There are broad similarities among the various state voting rights acts under consideration and the New York and Connecticut laws. They all give voters and groups a “private right of action” to challenge laws that dilute or suppress the votes of people of color, Pernick said. That’s the right the 8th Circuit struck down on the federal level.

Some of the state proposals also include preclearance requirements for changes in voting to make sure they don’t harm voters of color.

The Minnesota proposal is expected to get floor votes soon as part of a broader election policy bill, and the sponsors said they are cautiously optimistic about passage. The Maryland proposal has had hearings, while an effort in Michigan is expected to get hearings in April, Nott said.

Several state proposals include “safe harbor” provisions to try to head off the kind of lengthy, expensive litigation that often has been needed to enforce the federal law. The Minnesota bill, for example, would require potential plaintiffs to notify political subdivisions before they sue to create opportunities to negotiate remedies first.

Minnesota has an image as progressive on voting rights, and the current Legislature is the most diverse in state history. But witnesses who testified before the Legislature recently said there are still problems.
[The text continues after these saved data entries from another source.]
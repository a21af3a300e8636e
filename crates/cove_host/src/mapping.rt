//! Runs of guest pages that are mapped.

ghost use Rattle.std.specs.Prelude.{◌≡◌, ◌+◌, ◌/◌, ◌^◌, ◌≤◌, ℕ, OnOk, Some};
ghost use Rattle.cove_base.specs.Modes.{guest_limit, leaves_of};
ghost use Rattle.cove_base.specs.Unchanged.{Unchanged};
ghost use Rattle.cove_base.specs.declared.limits.TheConstants.{RANGE_LIMIT};
ghost use Rattle.cove_tvm.specs.Called.{IsReady};
ghost use Rattle.cove_host.specs.Checked.{all_checked, checked};
ghost use Rattle.cove_host.specs.FoundTvms.{ChangesTvm, IsLiveTvm, IsSomeLiveTvm};
ghost use Rattle.cove_host.specs.GuestRuns.{AllOwned, EndsWithin, mapping_checks, owned_as, run_checks};
ghost use Rattle.cove_host.specs.Mapped.{MapsIn, MapsRun, MayMapBy};
ghost use Rattle.cove_model.specs.States.{State};
ghost use Rattle.cove_tvm.specs.Stands.{Stands};
ghost use Rattle.cove_tvm.specs.TvmTables.{live_at};
ghost use Rattle.cove_tvm.specs.declared.ground.Ground.{Ground};
ghost use Rattle.cove_tvm.specs.declared.machines.Tvm.{Tvm};

use crate::checks::{aligned, free, inside};
use crate::guest_pages::{enough_tables, kinds_fit, unmapped};
use crate::lives::{is_runnable, live};
use crate::runs::{all_host, counted};
use cove_base::{Gpn, Page, RANGE_LIMIT, Reply, Words};
use cove_stage2::{Pool, Tables};
use cove_tvm::{Ground, Tvm};

/// The checks of a call that maps guest pages of a finalized TVM, in the order of its rule: shared to pages of the host's, or as
/// private ones to free pages.
pub(crate) fn mappable<W: Words>(
    w: &mut W,
    g: &Ground,
    t: u64,
    base: u64,
    n: u64,
    gpa: u64,
    shared: bool,
) -> Result<(), Reply>
    requires ready { IsReady (W.words w.old) g.now }
    ensures told { (S : State) → Stands (W.words w.old) g.now S
        → result ≡ all_checked (run_checks (owned_as shared) shared S t base n gpa) }
    ensures within { OnOk result ((1 ≤ n) × (n ≤ RANGE_LIMIT)) }
    ensures inside { OnOk result (base / 4096 + n ≤ g.now.pages) }
    ensures near { OnOk result (EndsWithin g.now t gpa n) }
    ensures unchanged { Unchanged W.words W.clean W.guard w.old w.new }
{
    let tvm = live(g, t)?;
    is_runnable(tvm)?;
    counted(n)?;
    aligned(base)?;
    aligned(gpa)?;
    inside(g, base, n)?;
    owned(w, g, base, n, shared)?;
    may_map(w, tvm, gpa, n, shared)
}

// The pages are the host's, if guest pages are mapped shared to them, or else free.
fn owned<W: Words>(w: &mut W, g: &Ground, base: u64, n: u64, shared: bool) -> Result<(), Reply>
    requires ready { IsReady (W.words w.old) g.now }
    requires inside { base / 4096 + n ≤ g.now.pages }
    ensures told { (S : State) → Stands (W.words w.old) g.now S → result ≡ checked (AllOwned (owned_as shared) S base n) }
    ensures unchanged { Unchanged W.words W.clean W.guard w.old w.new }
{
    if shared {
        all_host(w, g, base, n)
    } else {
        free(w, g, base, n)
    }
}

/// Guest pages are of the kind that they are to be mapped as and not mapped yet, and the TVM has the tables that mappings of
/// them need.
pub(crate) fn may_map<W: Words>(
    w: &mut W,
    tvm: &Tvm,
    gpa: u64,
    n: u64,
    shared: bool,
) -> Result<(), Reply>
    requires live { IsSomeLiveTvm (W.words w.old) tvm.now }
    requires within { (1 ≤ n) × (n ≤ RANGE_LIMIT) }
    ensures told { (S : State) (t : ℕ) → IsLiveTvm (W.words w.old) S t tvm.now
        → result ≡ all_checked (mapping_checks shared S t gpa n) }
    ensures near { OnOk result (gpa / 4096 + n ≤ guest_limit tvm.now.tables.mode) }
    ensures unchanged { Unchanged W.words W.clean W.guard w.old w.new }
{
    kinds_fit(tvm, gpa, n, shared)?;
    unmapped(w, tvm, gpa, n)?;
    enough_tables(w, tvm, gpa, n)
}

/// Maps `n` guest pages of the live TVM with a number, from `first` on, to the pages from `page` on.
pub(crate) fn map_pages<W: Words>(
    w: &mut W,
    g: &mut Ground,
    t: u64,
    first: Gpn,
    page: Page,
    n: u32,
    shared: bool,
)
    requires { (tvm : Tvm) → live_at g.old.tvms t ≡ Some tvm
        → MayMapBy (W.allows (W.guard w.old)) tvm.tables.pages tvm.tables.root.0 (leaves_of tvm.tables.mode) first.0 page.0 n shared (W.words w.old) tvm.pool.pages }
    ensures mapped { ChangesTvm t (MapsIn first.0 page.0 n shared (W.words w.old) (W.words w.new)) g.old g.new }
    ensures guard { W.guard w.new ≡ W.guard w.old }
{
    if let Some(tvm) = g.tvms.live_mut(t) {
        map_into(w, tvm, first, page, n, shared);
    }
}

/// Maps guest pages of a TVM.
pub(crate) fn map_into<W: Words>(
    w: &mut W,
    tvm: &mut Tvm,
    first: Gpn,
    page: Page,
    n: u32,
    shared: bool,
)
    requires { MayMapBy (W.allows (W.guard w.old)) tvm.old.tables.pages tvm.old.tables.root.0 (leaves_of tvm.old.tables.mode) first.0 page.0 n shared (W.words w.old) tvm.old.pool.pages }
    ensures mapped { MapsIn first.0 page.0 n shared (W.words w.old) (W.words w.new) tvm.old tvm.new }
    ensures guard { W.guard w.new ≡ W.guard w.old }
{
    map_run(w, tvm.tables, first, page, n, shared, &mut tvm.pool);
}

// Maps guest pages, one after another, with tables out of the pool.
fn map_run<W: Words>(
    w: &mut W,
    tables: Tables,
    first: Gpn,
    page: Page,
    n: u32,
    shared: bool,
    pool: &mut Pool,
)
    requires { MayMapBy (W.allows (W.guard w.old)) tables.pages tables.root.0 (leaves_of tables.mode) first.0 page.0 n shared (W.words w.old) pool.old.pages }
    ensures mapped { MapsRun tables.pages tables.root.0 (leaves_of tables.mode) first.0 page.0 n n shared (W.words w.old) pool.old.pages (W.words w.new) pool.new.pages }
    ensures room { pool.new.room ≡ pool.old.room }
    ensures guard { W.guard w.new ≡ W.guard w.old }
{
    for i in 0..n {
        let g = Gpn(first.0 + i as u64);
        tables.map(w, g, Page(page.0 + i), shared, pool);
    }
}
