//! The call that asks for the monitor's state.

ghost use Rattle.cove_base.specs.Unchanged.{Unchanged};
ghost use Rattle.cove_base.specs.declared.calls.HostCall.TheVariants.{Info};
ghost use Rattle.cove_model.specs.HostCalls.{rule};
ghost use Rattle.cove_tvm.specs.Called.{Called};

use cove_base::{HartId, Reply, Status, Words};
use cove_tvm::Ground;

/// Answers that the monitor is ready, by the value 1.
pub fn get_tsm_info<W: Words>(w: &mut W, g: &mut Ground, h: HartId) -> Reply
    ensures called { Called h.0 (λ S. rule S h.0 Info) (W.words w.old) (W.words w.new) g.old g.new result }
    ensures unchanged { Unchanged W.words W.clean W.guard w.old w.new }
{
    Reply {
        status: Status::Success,
        value: 1,
    }
}
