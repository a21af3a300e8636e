//! The one function that answers every call of the host.

use crate::creation::create_tvm;
use crate::destruction::destroy_tvm;
use crate::fences::{global_fence, local_fence};
use crate::finalization::finalize_tvm;
use crate::info::get_tsm_info;
use crate::measured_pages::add_measured_pages;
use crate::owners::{convert_pages, reclaim_pages};
use crate::regions::add_memory_region;
use crate::shared_pages::add_shared_pages;
use crate::table_pages::add_page_table_pages;
use crate::vcpu_creation::create_vcpu;
use crate::zero_pages::add_zero_pages;
use cove_base::{HartId, HostCall, Reply, Status, Words};
use cove_tvm::{Ground, HostSide};

/// The host's side of the monitor: it answers a call by its function, and one that is not built by `NotSupported`.
#[derive(Clone, Copy)]
pub struct Covh;

impl HostSide for Covh {
    fn covh<W: Words>(&mut self, w: &mut W, g: &mut Ground, h: HartId, c: HostCall) -> Reply {
        match c {
            HostCall::Convert { base, n } => convert_pages(w, g, h, base, n),
            HostCall::GlobalFence => global_fence(w, g, h),
            HostCall::LocalFence => local_fence(w, g, h),
            HostCall::Reclaim { base, n } => reclaim_pages(w, g, h, base, n),
            HostCall::Create { root, state } => create_tvm(w, g, h, root, state),
            HostCall::Region { t, gpa, len } => add_memory_region(w, g, h, t, gpa, len),
            HostCall::Tables { t, base, n } => add_page_table_pages(w, g, h, t, base, n),
            HostCall::Measured {
                t,
                src,
                dst,
                n,
                gpa,
            } => add_measured_pages(w, g, h, t, src, dst, n, gpa),
            HostCall::Vcpu { t, v, state } => create_vcpu(w, g, h, t, v, state),
            HostCall::Finalize { t, pc, arg } => finalize_tvm(w, g, h, t, pc, arg),
            HostCall::Zero { t, base, n, gpa } => add_zero_pages(w, g, h, t, base, n, gpa),
            HostCall::Shared { t, base, n, gpa } => add_shared_pages(w, g, h, t, base, n, gpa),
            HostCall::Destroy { t } => destroy_tvm(w, g, h, t),
            HostCall::Info => get_tsm_info(w, g, h),
            HostCall::Run { .. }
            | HostCall::Invalidate { .. }
            | HostCall::TvmFence { .. }
            | HostCall::Validate { .. }
            | HostCall::Remove { .. }
            | HostCall::Kick { .. }
            | HostCall::Bind { .. }
            | HostCall::Unbind { .. }
            | HostCall::Unbound { .. }
            | HostCall::Inject { .. } => Reply {
                status: Status::NotSupported,
                value: 0,
            },
        }
    }
}
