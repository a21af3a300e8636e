//! The checks that calls share. Each is one function, whose `Err` is what the call answers where the check fails.
//!
//! Those of a TVM's life stand in `lives`, those of runs of pages in `runs`, and those of guest pages in `guest_pages`.

ghost use Rattle.std.specs.Prelude.{◌≡◌, ◌+◌, ◌/◌, ◌≤◌, ℕ, List, OnOk};
ghost use Rattle.cove_base.specs.Unchanged.{Unchanged};
ghost use Rattle.cove_tvm.specs.Called.{IsReady};
ghost use Rattle.cove_host.specs.Checked.{checked};
ghost use Rattle.cove_model.specs.Checks.{AllFree, RoomForTvm, RootAligned, StateApart, WithinMemory};
ghost use Rattle.cove_model.specs.Refusals.{Aligned, plain};
ghost use Rattle.cove_model.specs.States.{State};
ghost use Rattle.cove_tvm.specs.Stands.{Stands};

use crate::fences::epochs;
use crate::pages::pages_from;
use cove_base::{Reply, Status, TVM_LIMIT, Words};
use cove_owner::all_free;
use cove_tvm::Ground;

/// The answer of a call that was done and has no value to tell.
pub(crate) const DONE: Reply = Reply {
    status: Status::Success,
    value: 0,
};

/// Another TVM may be created.
pub(crate) fn room_for_tvm(g: &Ground) -> Result<(), Reply>
    ensures told { (words : List ℕ) (S : State) → Stands words g.now S → result ≡ checked (RoomForTvm S) }
{
    check(g.tvms.made() >= TVM_LIMIT, Status::Failed)
}

/// The root begins at a multiple of its size, or one past it, which asks for tables of four levels.
pub(crate) fn root_aligned(root: u64) -> Result<(), Reply>
    ensures { result ≡ checked (RootAligned root) }
{
    check(root % 16384 > 1, Status::InvalidAddress)
}

/// The address is a multiple of the page size.
pub(crate) fn aligned(address: u64) -> Result<(), Reply>
    ensures { result ≡ checked (Aligned address) }
{
    check(address % 4096 != 0, Status::InvalidAddress)
}

/// The pages are within the memory.
pub(crate) fn inside(g: &Ground, base: u64, n: u64) -> Result<(), Reply>
    requires { n ≤ 16 }
    ensures told { (words : List ℕ) (S : State) → Stands words g.now S → result ≡ checked (WithinMemory S base n) }
    ensures within { OnOk result (base / 4096 + n ≤ g.now.pages) }
{
    check(base / 4096 + n > u64::from(g.pages), Status::InvalidAddress)
}

/// The state page is none of the root's.
pub(crate) fn state_apart(root: u64, state: u64) -> Result<(), Reply>
    ensures { result ≡ checked (StateApart root state) }
{
    let first = root / 4096;
    let page = state / 4096;
    check(first <= page && page < first + 4, Status::InvalidAddress)
}

/// Every page is free.
pub(crate) fn free<W: Words>(w: &mut W, g: &Ground, base: u64, n: u64) -> Result<(), Reply>
    requires ready { IsReady (W.words w.old) g.now }
    requires inside { base / 4096 + n ≤ g.now.pages }
    ensures told { (S : State) → Stands (W.words w.old) g.now S → result ≡ checked (AllFree S base n) }
    ensures unchanged { Unchanged W.words W.clean W.guard w.old w.new }
{
    let floor = epochs(g).floor(w);
    check(
        !all_free(w, pages_from(base, n), floor),
        Status::InvalidAddress,
    )
}

/// A check, which is answered by its status where it fails.
pub(crate) fn check(fails: bool, status: Status) -> Result<(), Reply>
    ensures { result ≡ checked (plain fails status) }
{
    if fails {
        return Err(Reply { status, value: 0 });
    }
    Ok(())
}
They point to data showing county boards across the state, which make important decisions affecting communities of color, are disproportionately white. Electing local bodies by districts that minority candidates could win, instead of at-large seats, is one potential remedy for preventing vote dilution.

Minnesota Secretary of State Steve Simon, a Democrat who is president-elect of the National Association of Secretaries of State, said he is trying to enlist as many of his fellow election officers across the country to file a friend-of-the-court brief urging the U.S. Supreme Court to overturn the 8th Circuit decision if the plaintiffs in the Arkansas case appeal. But for now, he said, that ruling is the law in seven states.

“If we can no longer count on the federal Voting Rights Act to allow private citizens to protect their own voting rights, then we need a Minnesota Voting Rights Act to fill the gap,” Simon testified. “And that’s what this bill does. It fills the gap by guaranteeing a day in court for Minnesota voters to defend their voting rights against laws or policies that they believe discriminate against them.”

Officials with groups representing Minnesota’s local governments testified they support the concept but were concerned about the potential extra costs it could impose on them, an issue that raised concerns among Republicans on the committees that have heard the bill. Republicans also argued it’s a heavier-handed tool than Minnesota needs.

Democratic Minnesota Gov. Tim Walz said he had not studied the proposal in detail, but he shares the ideals of making voting easy and accessible.

“If this is moving down those paths, that’s a good thing,” Walz said.

Minnesota Senate President Bobby Joe Champion, a Minneapolis Democrat, is the lead author of the Minnesota Voting Rights Act in the Senate.

“Our democracy is important. We want more people voting, not less. We want more people’s voice to be heard, not silenced. We want people’s rights to be protected, not squandered,” Champion said.